(Stored items)
· · · · · · ·
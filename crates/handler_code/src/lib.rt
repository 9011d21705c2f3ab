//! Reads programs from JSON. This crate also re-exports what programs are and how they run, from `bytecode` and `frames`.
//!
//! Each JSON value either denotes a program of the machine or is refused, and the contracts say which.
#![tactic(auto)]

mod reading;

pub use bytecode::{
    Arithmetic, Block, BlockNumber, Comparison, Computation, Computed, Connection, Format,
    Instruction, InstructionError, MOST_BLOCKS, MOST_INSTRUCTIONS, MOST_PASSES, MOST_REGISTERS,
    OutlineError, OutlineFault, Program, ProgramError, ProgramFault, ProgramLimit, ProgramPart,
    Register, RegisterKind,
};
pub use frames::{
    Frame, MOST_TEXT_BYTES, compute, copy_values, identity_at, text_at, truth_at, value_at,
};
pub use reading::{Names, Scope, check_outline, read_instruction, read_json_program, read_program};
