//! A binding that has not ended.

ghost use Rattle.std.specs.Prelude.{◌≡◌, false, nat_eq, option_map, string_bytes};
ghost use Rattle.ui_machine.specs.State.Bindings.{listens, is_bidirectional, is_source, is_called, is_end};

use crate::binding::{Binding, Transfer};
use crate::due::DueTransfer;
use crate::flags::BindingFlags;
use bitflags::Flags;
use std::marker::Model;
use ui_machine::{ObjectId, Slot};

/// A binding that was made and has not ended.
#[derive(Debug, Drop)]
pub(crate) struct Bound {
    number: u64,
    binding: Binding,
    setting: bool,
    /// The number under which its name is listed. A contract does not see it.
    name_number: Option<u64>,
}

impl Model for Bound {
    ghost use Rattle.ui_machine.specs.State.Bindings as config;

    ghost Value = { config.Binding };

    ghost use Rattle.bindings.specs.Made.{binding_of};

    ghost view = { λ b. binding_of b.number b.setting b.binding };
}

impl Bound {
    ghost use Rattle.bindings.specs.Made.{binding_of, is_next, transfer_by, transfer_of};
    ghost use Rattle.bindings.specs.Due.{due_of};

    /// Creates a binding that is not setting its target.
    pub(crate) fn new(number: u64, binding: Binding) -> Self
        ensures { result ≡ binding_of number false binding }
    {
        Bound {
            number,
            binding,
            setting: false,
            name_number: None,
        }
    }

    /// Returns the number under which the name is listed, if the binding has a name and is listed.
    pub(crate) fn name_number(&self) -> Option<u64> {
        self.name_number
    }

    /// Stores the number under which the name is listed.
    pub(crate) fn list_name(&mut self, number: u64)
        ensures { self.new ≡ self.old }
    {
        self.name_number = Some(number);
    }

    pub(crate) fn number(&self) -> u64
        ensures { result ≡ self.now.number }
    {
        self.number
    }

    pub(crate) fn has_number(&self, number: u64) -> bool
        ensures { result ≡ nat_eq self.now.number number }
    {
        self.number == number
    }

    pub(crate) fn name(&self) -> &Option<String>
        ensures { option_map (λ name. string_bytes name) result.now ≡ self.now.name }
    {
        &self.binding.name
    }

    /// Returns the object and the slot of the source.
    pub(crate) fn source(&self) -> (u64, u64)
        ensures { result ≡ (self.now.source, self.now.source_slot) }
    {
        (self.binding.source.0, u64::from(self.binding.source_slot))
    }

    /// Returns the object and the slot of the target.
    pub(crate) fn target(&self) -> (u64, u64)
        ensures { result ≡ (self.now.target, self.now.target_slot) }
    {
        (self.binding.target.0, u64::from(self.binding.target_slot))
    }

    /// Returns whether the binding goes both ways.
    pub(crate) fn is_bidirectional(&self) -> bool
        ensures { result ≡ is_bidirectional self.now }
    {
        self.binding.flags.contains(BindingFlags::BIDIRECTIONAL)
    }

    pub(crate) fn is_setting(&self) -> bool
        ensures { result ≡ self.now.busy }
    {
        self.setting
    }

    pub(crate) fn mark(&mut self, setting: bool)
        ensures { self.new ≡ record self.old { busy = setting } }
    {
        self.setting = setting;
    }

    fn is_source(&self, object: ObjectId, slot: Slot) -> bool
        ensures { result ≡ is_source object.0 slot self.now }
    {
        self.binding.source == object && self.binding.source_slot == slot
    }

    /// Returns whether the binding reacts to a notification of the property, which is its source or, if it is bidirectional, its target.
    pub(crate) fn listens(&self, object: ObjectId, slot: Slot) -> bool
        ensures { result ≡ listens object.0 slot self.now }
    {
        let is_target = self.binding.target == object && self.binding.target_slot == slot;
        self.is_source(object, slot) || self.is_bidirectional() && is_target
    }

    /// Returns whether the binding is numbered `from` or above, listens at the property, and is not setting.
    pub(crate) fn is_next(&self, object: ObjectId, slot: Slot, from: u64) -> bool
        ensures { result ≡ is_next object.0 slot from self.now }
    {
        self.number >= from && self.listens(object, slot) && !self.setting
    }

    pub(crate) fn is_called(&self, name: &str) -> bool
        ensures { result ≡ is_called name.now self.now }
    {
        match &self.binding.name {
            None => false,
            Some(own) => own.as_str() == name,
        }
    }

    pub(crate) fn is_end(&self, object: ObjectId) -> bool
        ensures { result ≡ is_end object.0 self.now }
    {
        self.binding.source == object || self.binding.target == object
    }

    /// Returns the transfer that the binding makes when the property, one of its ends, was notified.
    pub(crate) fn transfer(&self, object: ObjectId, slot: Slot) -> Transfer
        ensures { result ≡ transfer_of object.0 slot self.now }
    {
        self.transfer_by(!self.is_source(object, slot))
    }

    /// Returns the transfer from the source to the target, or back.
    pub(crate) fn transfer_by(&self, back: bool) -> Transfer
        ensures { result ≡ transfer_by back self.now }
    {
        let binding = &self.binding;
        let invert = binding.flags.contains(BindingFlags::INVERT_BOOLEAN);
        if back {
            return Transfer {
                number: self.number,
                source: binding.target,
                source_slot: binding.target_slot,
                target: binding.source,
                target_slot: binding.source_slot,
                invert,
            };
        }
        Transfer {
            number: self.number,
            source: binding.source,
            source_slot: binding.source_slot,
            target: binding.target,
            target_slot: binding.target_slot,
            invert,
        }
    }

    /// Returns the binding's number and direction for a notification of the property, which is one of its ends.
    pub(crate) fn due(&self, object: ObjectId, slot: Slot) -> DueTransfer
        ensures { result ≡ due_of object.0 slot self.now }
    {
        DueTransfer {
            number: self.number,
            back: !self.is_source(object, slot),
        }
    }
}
· · · · · · ·
= Exercise directions =
Could you output all of the records above exactly as given?

= Answer to the problem =
filename crates/handler_code/src/lib.rt
repository 9011d21705c2f3ab
//! Reads programs from JSON. This crate also re-exports what programs are and how they run, from `bytecode` and `frames`.
//!
//! Each JSON value either denotes a program of the machine or is refused, and the contracts say which.
#![tactic(auto)]

mod reading;

pub use bytecode::{
    Arithmetic, Block, BlockNumber, Comparison, Computation, Computed, Connection, Format,
    Instruction, InstructionError, MOST_BLOCKS, MOST_INSTRUCTIONS, MOST_PASSES, MOST_REGISTERS,
    OutlineError, OutlineFault, Program, ProgramError, ProgramFault, ProgramLimit, ProgramPart,
    Register, RegisterKind,
};
pub use frames::{
    Frame, MOST_TEXT_BYTES, compute, copy_values, identity_at, text_at, truth_at, value_at,
};
pub use reading::{Names, Scope, check_outline, read_instruction, read_json_program, read_program};
//! A binding that has not ended.

ghost use Rattle.std.specs.Prelude.{◌≡◌, false, nat_eq, option_map, string_bytes};
ghost use Rattle.ui_machine.specs.State.Bindings.{listens, is_bidirectional, is_source, is_called, is_end};

use crate::binding::{Binding, Transfer};
use crate::due::DueTransfer;
use crate::flags::BindingFlags;
use bitflags::Flags;
use std::marker::Model;
use ui_machine::{ObjectId, Slot};

/// A binding that was made and has not ended.
#[derive(Debug, Drop)]
pub(crate) struct Bound {
    number: u64,
    binding: Binding,
    setting: bool,
    /// The number under which its name is listed. A contract does not see it.
    name_number: Option<u64>,
}

impl Model for Bound {
    ghost use Rattle.ui_machine.specs.State.Bindings as config;

    ghost Value = { config.Binding };

    ghost use Rattle.bindings.specs.Made.{binding_of};

    ghost view = { λ b. binding_of b.number b.setting b.binding };
}

impl Bound {
    ghost use Rattle.bindings.specs.Made.{binding_of, is_next, transfer_by, transfer_of};
    ghost use Rattle.bindings.specs.Due.{due_of};

    /// Creates a binding that is not setting its target.
    pub(crate) fn new(number: u64, binding: Binding) -> Self
        ensures { result ≡ binding_of number false binding }
    {
        Bound {
            number,
            binding,
            setting: false,
            name_number: None,
        }
    }

    /// Returns the number under which the name is listed, if the binding has a name and is listed.
    pub(crate) fn name_number(&self) -> Option<u64> {
        self.name_number
    }

    /// Stores the number under which the name is listed.
    pub(crate) fn list_name(&mut self, number: u64)
        ensures { self.new ≡ self.old }
    {
        self.name_number = Some(number);
    }

    pub(crate) fn number(&self) -> u64
        ensures { result ≡ self.now.number }
    {
        self.number
    }

    pub(crate) fn has_number(&self, number: u64) -> bool
        ensures { result ≡ nat_eq self.now.number number }
    {
        self.number == number
    }

    pub(crate) fn name(&self) -> &Option<String>
        ensures { option_map (λ name. string_bytes name) result.now ≡ self.now.name }
    {
        &self.binding.name
    }

    /// Returns the object and the slot of the source.
    pub(crate) fn source(&self) -> (u64, u64)
        ensures { result ≡ (self.now.source, self.now.source_slot) }
    {
        (self.binding.source.0, u64::from(self.binding.source_slot))
    }

    /// Returns the object and the slot of the target.
    pub(crate) fn target(&self) -> (u64, u64)
        ensures { result ≡ (self.now.target, self.now.target_slot) }
    {
        (self.binding.target.0, u64::from(self.binding.target_slot))
    }

    /// Returns whether the binding goes both ways.
    pub(crate) fn is_bidirectional(&self) -> bool
        ensures { result ≡ is_bidirectional self.now }
    {
        self.binding.flags.contains(BindingFlags::BIDIRECTIONAL)
    }

    pub(crate) fn is_setting(&self) -> bool
        ensures { result ≡ self.now.busy }
    {
        self.setting
    }

    pub(crate) fn mark(&mut self, setting: bool)
        ensures { self.new ≡ record self.old { busy = setting } }
    {
        self.setting = setting;
    }

    fn is_source(&self, object: ObjectId, slot: Slot) -> bool
        ensures { result ≡ is_source object.0 slot self.now }
    {
        self.binding.source == object && self.binding.source_slot == slot
    }

    /// Returns whether the binding reacts to a notification of the property, which is its source or, if it is bidirectional, its target.
    pub(crate) fn listens(&self, object: ObjectId, slot: Slot) -> bool
        ensures { result ≡ listens object.0 slot self.now }
    {
        let is_target = self.binding.target == object && self.binding.target_slot == slot;
        self.is_source(object, slot) || self.is_bidirectional() && is_target
    }

    /// Returns whether the binding is numbered `from` or above, listens at the property, and is not setting.
    pub(crate) fn is_next(&self, object: ObjectId, slot: Slot, from: u64) -> bool
        ensures { result ≡ is_next object.0 slot from self.now }
    {
        self.number >= from && self.listens(object, slot) && !self.setting
    }

    pub(crate) fn is_called(&self, name: &str) -> bool
        ensures { result ≡ is_called name.now self.now }
    {
        match &self.binding.name {
            None => false,
            Some(own) => own.as_str() == name,
        }
    }

    pub(crate) fn is_end(&self, object: ObjectId) -> bool
        ensures { result ≡ is_end object.0 self.now }
    {
        self.binding.source == object || self.binding.target == object
    }

    /// Returns the transfer that the binding makes when the property, one of its ends, was notified.
    pub(crate) fn transfer(&self, object: ObjectId, slot: Slot) -> Transfer
        ensures { result ≡ transfer_of object.0 slot self.now }
    {
        self.transfer_by(!self.is_source(object, slot))
    }

    /// Returns the transfer from the source to the target, or back.
    pub(crate) fn transfer_by(&self, back: bool) -> Transfer
        ensures { result ≡ transfer_by back self.now }
    {
        let binding = &self.binding;
        let invert = binding.flags.contains(BindingFlags::INVERT_BOOLEAN);
        if back {
            return Transfer {
                number: self.number,
                source: binding.target,
                source_slot: binding.target_slot,
                target: binding.source,
                target_slot: binding.source_slot,
                invert,
            };
        }
        Transfer {
            number: self.number,
            source: binding.source,
            source_slot: binding.source_slot,
            target: binding.target,
            target_slot: binding.target_slot,
            invert,
        }
    }

    /// Returns the binding's number and direction for a notification of the property, which is one of its ends.
    pub(crate) fn due(&self, object: ObjectId, slot: Slot) -> DueTransfer
        ensures { result ≡ due_of object.0 slot self.now }
    {
        DueTransfer {
            number: self.number,
            back: !self.is_source(object, slot),
        }
    }
}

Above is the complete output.